• _Entries shown_

// A walk over the nodes of a job, depth first.
ghost use Rattle.std.specs.Prelude.{◌≡◌, ◌==◌, ◌<◌, ◌++◌, [], IfOk, OnOk, length, map};
ghost use Rattle.world_identities.specs.Identities.{flags_in, identity_in};
ghost use Rattle.core_tree.specs.Syntax.{ModuleTree};
ghost use Rattle.tree_findings.specs.Laws.{AddsSchedule};
ghost use Rattle.search_jobs.specs.Explorations.{exploration_in, nodes_of, nodes_of_all, program_in};
ghost use Rattle.search_jobs.specs.Pieces.{AreOf};
ghost use Rattle.search_expansion.specs.inside.Frames.{VisitsNext, nodes_of_frames};
ghost use Rattle.search_expansion.specs.inside.Walks.{BeginsWalk, IsWalk, IsWalkOf, VisitsLast, frames_in};
ghost use Rattle.world_model.specs.Asking.{program_of};

use crate::frame::{Frame, descend, open, pass_child};
use crate::node::{Node, is_cut};
use crate::sleeping::steps_of;
use crate::world::world_of;
use core_tree::Module;
use search_agenda::Agenda;
use search_jobs::{Exploration, Job, JobName};
use std::alloc::{AllocError, Global};
use term_core::Step;
use tree_findings::{Findings, copy_schedule};
use world_core::WorldFault;
use world_identities::{Flags, Identity};

/// A walk over the nodes of a job: the module, the steps that lead to the node that was visited last, and the nodes
/// that were visited, with children that were not, the deepest one last. A node's history is the run of the first steps
/// of the path; no event is kept.
#[derive(Drop)]
pub(crate) struct Walk<'m> {
    pub(crate) program: &'m Module,
    pub(crate) path: Vec<Step>,
    pub(crate) frames: Vec<Frame<'m>>,
}

// Adds what a node shows, to which these steps lead. `AllocError` if there is no memory for it.
fn note(
    alloc: Global,
    flags: Flags,
    shown: &[Identity],
    path: &[Step],
    findings: &mut Findings,
) -> Result<(), AllocError>
    ensures { OnOk result (AddsSchedule (flags_in flags) path.now (map identity_in shown.now) findings.old findings.new) }
{
    if shown.len() == 0 {
        return Ok(());
    }
    findings.note(alloc, flags, shown, path)?;
    Ok(())
}

// Visits the next child of the last frame of a stack, to which so many steps lead: puts its deadlock after what it
// shows, and its frame on the stack, and says whether the tree is cut there. At the depth no agenda is made for it.
// `AllocError` if there is no memory for it.
fn visit_child(
    alloc: Global,
    taken: usize,
    frames: &mut Vec<Frame<'_>>,
    shown: &mut Vec<Identity>,
) -> Result<bool, AllocError>
    requires { frames.old.items ≡ [] → ⊥ }
    ensures { IfOk result (λ is_cut. VisitsLast frames.old.items taken frames.new.items is_cut shown.old.items shown.new.items) }
{
    let Some(frame) = frames.last() else {
        unreachable!();
    };
    if frame.leads_to_a_leaf() {
        let is_cut = frame.add_deadlock(alloc, shown)?;
        pass_child(frames)?;
        return Ok(is_cut);
    }
    let node = descend(alloc, frames)?;
    node.add_deadlock(alloc, shown)?;
    open(alloc, node, taken, frames)?;
    Ok(false)
}

impl<'m> Walk<'m> {
    /// A walk that has visited no node. It takes no memory.
    pub(crate) fn new(alloc: Global, program: &'m Module) -> Walk<'m>
        ensures program { result.program.now ≡ program.now }
    {
        Walk {
            program,
            path: Vec::new(alloc),
            frames: Vec::new(alloc),
        }
    }

    /// Visits the node of a job, and forgets all others; says whether the tree is cut there. `Memory` where there is no
    /// memory.
    pub(crate) fn visit_first(
        &mut self,
        alloc: Global,
        job: &Job<'_>,
        findings: &mut Findings,
    ) -> Result<bool, WorldFault>
        requires { program_of self.old.program.now ≡ program_in job.now.exploration }
        ensures program { self.new.program ≡ self.old.program }
        ensures begins { IfOk result (BeginsWalk job.now.exploration job.now.name findings.old findings.new self.new) }
    {
        let exploration = job.exploration();
        let name = job.name();
        let world = world_of(alloc, self.program, job)?;
        let records = world.records().copy()?;
        let agenda = Agenda::of(&records, alloc)?;
        let slept = agenda.plans_of(alloc, name.slept.as_slice())?;
        let path = copy_schedule(alloc, name.prefix.as_slice())?;
        let shown = world.errors_here(alloc)?;
        note(
            alloc,
            exploration.flags,
            shown.as_slice(),
            path.as_slice(),
            findings,
        )?;
        let left = exploration.depth - path.len() as u64;
        let is_cut = is_cut(left, &agenda);
        let node = Node {
            records,
            slept,
            left,
            agenda,
        };
        let mut frames = Vec::new(alloc);
        open(alloc, node, path.len(), &mut frames)?;
        self.path = path;
        self.frames = frames;
        Ok(is_cut)
    }

    /// Whether all nodes of the job were visited. It takes no memory.
    pub(crate) fn is_over(&self) -> bool
        ensures { result ≡ (length self.now.frames.items == 0) }
    {
        self.frames.is_empty()
    }

    /// Visits the next node: adds what it shows, and says whether the tree is cut there. `AllocError` if there is no memory
    /// for it.
    pub(crate) fn visit_next(
        &mut self,
        alloc: Global,
        flags: Flags,
        findings: &mut Findings,
    ) -> Result<bool, AllocError>
        requires walk { IsWalk self.old }
        requires more { self.old.frames.items ≡ [] → ⊥ }
        ensures program { self.new.program ≡ self.old.program }
        ensures walk { OnOk result (IsWalk self.new) }
        ensures visits { IfOk result (VisitsNext (flags_in flags) (frames_in self.old) findings.old (frames_in self.new) findings.new) }
    {
        let Some(frame) = self.frames.last() else {
            unreachable!();
        };
        let mut shown = frame.shown_next(alloc)?;
        frame.follow(&mut self.path)?;
        let is_cut = visit_child(alloc, self.path.len(), &mut self.frames, &mut shown)?;
        note(
            alloc,
            flags,
            shown.as_slice(),
            self.path.as_slice(),
            findings,
        )?;
        Ok(is_cut)
    }

    // The job of the next node, which is not visited. `AllocError` if there is no memory for it.
    fn leave_next<'e>(
        &mut self,
        alloc: Global,
        exploration: Exploration<'e>,
    ) -> Result<Job<'e>, AllocError>
        requires of { IsWalkOf (exploration_in exploration) self.old }
        requires more { self.old.frames.items ≡ [] → ⊥ }
        ensures of { IfOk result (λ _. IsWalkOf (exploration_in exploration.entry) self.new) }
        ensures exploration { IfOk result (λ job. job.exploration ≡ exploration_in exploration.entry) }
        ensures nodes { IfOk result (λ job. nodes_of_frames (frames_in self.old) ≡ nodes_of (exploration_in exploration.entry) job.name ++ nodes_of_frames (frames_in self.new)) }
        ensures fewer { IfOk result (λ _. length (nodes_of_frames (frames_in self.new)) < length (nodes_of_frames (frames_in self.old))) }
    {
        let Some(frame) = self.frames.last() else {
            unreachable!();
        };
        frame.follow(&mut self.path)?;
        let asleep = frame.asleep(alloc)?;
        let slept = steps_of(alloc, asleep.as_slice())?;
        pass_child(&mut self.frames)?;
        let prefix = copy_schedule(alloc, self.path.as_slice())?;
        Ok(Job::of_node(exploration, JobName { prefix, slept }))
    }

    /// The jobs of the nodes that were not visited, in the order in which the search visits them. `AllocError` if there is
    /// no memory for them.
    pub(crate) fn into_rest<'e>(
        self,
        alloc: Global,
        exploration: Exploration<'e>,
    ) -> Result<Vec<Job<'e>>, AllocError>
        requires { IsWalkOf (exploration_in exploration) self }
        ensures nodes { IfOk result (λ rest. nodes_of_all (exploration_in exploration.entry) rest.items ≡ nodes_of_frames (frames_in self.entry)) }
        ensures are_of { IfOk result (λ rest. AreOf (exploration_in exploration.entry) rest.items) }
    {
        let mut walk = self;
        let mut rest = Vec::new(alloc);
        while !walk.is_over() {
            rest.push(walk.leave_next(alloc, exploration)?)?;
        }
        Ok(rest)
    }
}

• _Problem_
Considering only the material above, set down every line from the one with "-> Result<bool, WorldFault>" to the one with "let name = job.name();", inclusive, exactly as written.

• _Response to this task_
    ) -> Result<bool, WorldFault>
        requires { program_of self.old.program.now ≡ program_in job.now.exploration }
        ensures program { self.new.program ≡ self.old.program }
        ensures begins { IfOk result (BeginsWalk job.now.exploration job.now.name findings.old findings.new self.new) }
    {
        let exploration = job.exploration();
        let name = job.name();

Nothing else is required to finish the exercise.